How Does Wget Strict-Looking Work in Recursive Downloads?

The --strict-comments option in wget directly influences how the tool parses HTML comments during recursive downloads, strictly enforcing the W3C specification for comment boundaries. By default, wget uses a relaxed parsing method that can sometimes mistake regular text for comments or vice versa, potentially causing it to miss valid hyperlinks embedded in the code. Activating this option ensures that wget only ignores text that perfectly conforms to strict HTML comment rules, thereby altering which URLs are discovered and followed during a recursive site crawl.
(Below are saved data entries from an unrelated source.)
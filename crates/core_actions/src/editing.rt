//! Cut, Snarf and Paste.

ghost use Rattle.std.specs.Prelude.{◌≡◌, ◌+◌, ◌<◌, ◌^◌, true, length, IsSome, IfOk, OnOk};
ghost use Rattle.win_text.specs.Bodies.{IsInside};
ghost use Rattle.core_windows.specs.Possible.{text_in};
ghost use Rattle.core_windows.specs.Windows.{window_at};
ghost use Rattle.core_scene.specs.Scenes.{scene_of, kept_of, Did};
ghost use Rattle.core_actions.specs.Seen.{dot_of, fits};
ghost use Rattle.core_actions.specs.Editing.{snarf_deeds, cut_deeds, range_put, put_over, size_around, paste_outcome};

use crate::deeds::{edit_and_set, edit_window};
use crate::fault::ActionFault;
use crate::seen::{dot_at, dot_text_at, fits, size_at};
use am_text::{NoMemory, Range, Runes};
use core_addresses::replacement;
use core_scene::{Deed, Entry, Scene, Setting};
use std::alloc::Global;

/// Snarf: the text that is selected becomes the snarfed text, where there is one. The windows stay as they are.
#[tactic(auto, using(crate::proofs::Windows::joins))]
pub fn snarf(alloc: Global, scene: &mut Scene, entry: Entry, window: u32) -> Result<(), NoMemory>
    ensures ok { OnOk result (Did entry (scene_of scene.old) (scene_of scene.new)
        (snarf_deeds window (scene_of scene.old))) }
    ensures windows { OnOk result (scene.new.windows.present ≡ scene.old.windows.present) }
    ensures kept { kept_of scene.new ≡ kept_of scene.old }
{
    let dot = dot_at(&scene.windows, window);
    if dot.q0 == dot.q1 {
        return Ok(());
    }
    let selected = dot_text_at(alloc, &scene.windows, window)?;
    scene.act(alloc, entry, Deed::Snarfs(selected))
}

/// Cut: the text that is selected becomes the snarfed text, where there is one, and is removed.
#[tactic(auto, using(crate::proofs::Windows::editing))]
pub fn cut(alloc: Global, scene: &mut Scene, entry: Entry, window: u32) -> Result<(), NoMemory>
    requires { IsSome (window_at scene.old.windows.present window) }
    ensures ok { OnOk result (Did entry (scene_of scene.old) (scene_of scene.new)
        (cut_deeds window (scene_of scene.old))) }
    ensures kept { kept_of scene.new ≡ kept_of scene.old }
{
    let dot = dot_at(&scene.windows, window);
    let edits = replacement(alloc, dot, Runes::new(alloc))?;
    snarf(alloc, scene, entry, window)?;
    edit_window(alloc, scene, entry, window, edits)
}

// A range, once a text has taken its place.
fn range_put(range: Range, text: &Runes) -> Range
    requires { range.q0 + length text.now < 2 ^ 64 }
    ensures { result ≡ range_put range text.now }
{
    Range {
        q0: range.q0,
        q1: range.q0 + text.len(),
    }
}

// Puts a text in the place of a range, and selects it.
#[tactic(auto, using(crate::proofs::Windows::putting))]
fn put_over(
    alloc: Global,
    scene: &mut Scene,
    entry: Entry,
    place: (u32, Range),
    text: Runes,
) -> Result<(), NoMemory>
    requires lives { IsSome (window_at scene.old.windows.present place.0) }
    requires inside { IsInside (text_in (window_at scene.old.windows.present place.0)) place.1 }
    requires fits { place.1.q0 + length text < 2 ^ 64 }
    ensures ok { OnOk result (Did entry (scene_of scene.old) (scene_of scene.new) (put_over place.0 place.1 text)) }
    ensures kept { kept_of scene.new ≡ kept_of scene.old }
{
    let (window, range) = place;
    let put = range_put(range, &text);
    let edits = replacement(alloc, range, text)?;
    edit_and_set(alloc, scene, entry, window, (edits, Setting::Dot(put)))
}

// Whether a window has room for the snarfed text in the place of what is selected.
fn has_room(scene: &Scene, window: u32) -> bool
    ensures exact { result ≡ fits (size_around (window_at scene.now.windows.present window))
        (length scene.now.snarf.present) }
    ensures small { result ≡ true → (dot_of (window_at scene.now.windows.present window)).q0 + length
        scene.now.snarf.present < 2 ^ 64 }
{
    let dot = dot_at(&scene.windows, window);
    let around = size_at(&scene.windows, window) - (dot.q1 - dot.q0);
    fits(around, scene.snarf.text().len())
}

// Puts the snarfed text in the place of what is selected, and selects it.
#[tactic(auto, using(crate::proofs::Windows::joins))]
fn paste_over(alloc: Global, scene: &mut Scene, entry: Entry, window: u32) -> Result<(), NoMemory>
    requires lives { IsSome (window_at scene.old.windows.present window) }
    requires small { (dot_of (window_at scene.old.windows.present window)).q0 + length scene.old.snarf.present
        < 2 ^ 64 }
    ensures ok { OnOk result (Did entry (scene_of scene.old) (scene_of scene.new)
        (put_over window (dot_of (window_at scene.old.windows.present window)) scene.old.snarf.present)) }
    ensures kept { kept_of scene.new ≡ kept_of scene.old }
{
    let dot = dot_at(&scene.windows, window);
    let text = Runes::copied(alloc, scene.snarf.text())?;
    put_over(alloc, scene, entry, (window, dot), text)
}

/// Paste: the snarfed text takes the place of the text that is selected, and is selected.
///
/// It isn't done where the body would have more than 16,777,216 runes.
#[tactic(auto, using(crate::proofs::Windows::joins))]
pub fn paste(
    alloc: Global,
    scene: &mut Scene,
    entry: Entry,
    window: u32,
) -> Result<Option<ActionFault>, NoMemory>
    requires { IsSome (window_at scene.old.windows.present window) }
    ensures fault { IfOk result (λ fault. fault ≡ (paste_outcome window (scene_of scene.old)).fault) }
    ensures ok { OnOk result (Did entry (scene_of scene.old) (scene_of scene.new)
        (paste_outcome window (scene_of scene.old)).deeds) }
    ensures kept { kept_of scene.new ≡ kept_of scene.old }
{
    if !has_room(scene, window) {
        return Ok(Some(ActionFault::TextTooLong));
    }
    paste_over(alloc, scene, entry, window)?;
    Ok(None)
}
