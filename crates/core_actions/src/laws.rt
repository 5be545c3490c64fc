//! Laws of actions. Each function has a law as its contract, and does nothing.

ghost use Rattle.core_actions.specs.UndoLaws.{MovesAreLinked};

/// Undo and Redo in a window move the next group of each window where it was begun by the same step as that window's,
/// and leave each other window whole; where that window has no group, all.
pub fn moves_are_linked()
    ensures { MovesAreLinked }
{}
Understanding Wget’s Default HTML Parsing

When you initiate a recursive download using wget -r, the tool downloads a page, parses its HTML content to find hyperlinks (like <a href="...">), and then adds those links to its download queue.

By default, wget is highly forgiving of poorly formatted HTML. This “loose” parsing extends to how it handles HTML comments (`). In standard browsing, many web engines skip over malformed comments to render the page anyway.wget` tries to mimic this tolerance, but its default parser can sometimes get confused by complex scripts, inline style tags, or nested hyphens inside a webpage, leading it to prematurely stop scanning parts of the document for downloadable links.

The Role of the Strict Option

When you append the --strict-comments flag to your command, you instruct wget to switch from its flexible, error-tolerant parsing mode to a strict compliance mode.

Accurate Link Discovery

Under strict parsing, wget adheres to the exact SGML/HTML rules where comments are delimited precisely by pairs of hyphens. If a web developer utilized non-standard comment formatting, the default wget settings might mistakenly classify actual page content—including important URLs—as part of a giant, unparsed comment. Enabling strict parsing forces wget to look past the sloppy syntax, recognize the text as active HTML, and successfully discover the links inside it.

Preventing False Positives

Conversely, if a page contains text that looks vaguely like a comment but isn’t meant to be one, default wget might skip it. The strict option ensures that text is only ignored if it matches the formal definition of an HTML comment. This prevents wget from accidentally skipping legitimate sections of a webpage during its recursive sweep.

Impact on Recursive Download Outcomes

Using this option can lead to two distinct outcomes depending on how the target website was coded:

Expanded Scrapes: You may find that wget downloads significantly more files than it did without the flag, because it successfully parsed links that were previously trapped inside poorly formatted, pseudo-comment blocks.
Restricted Scrapes: In rare cases where valid links were accidentally exposed by loose parsing but should have been hidden, strict mode will properly ignore them, resulting in a cleaner, more accurate mirror of the intended site structure.

If you notice that your recursive downloads are missing entire sections of a website, or if wget seems to stop scanning a page unexpectedly, enabling --strict-comments is an effective troubleshooting step to align the tool’s parser with the exact structural layout of the source code.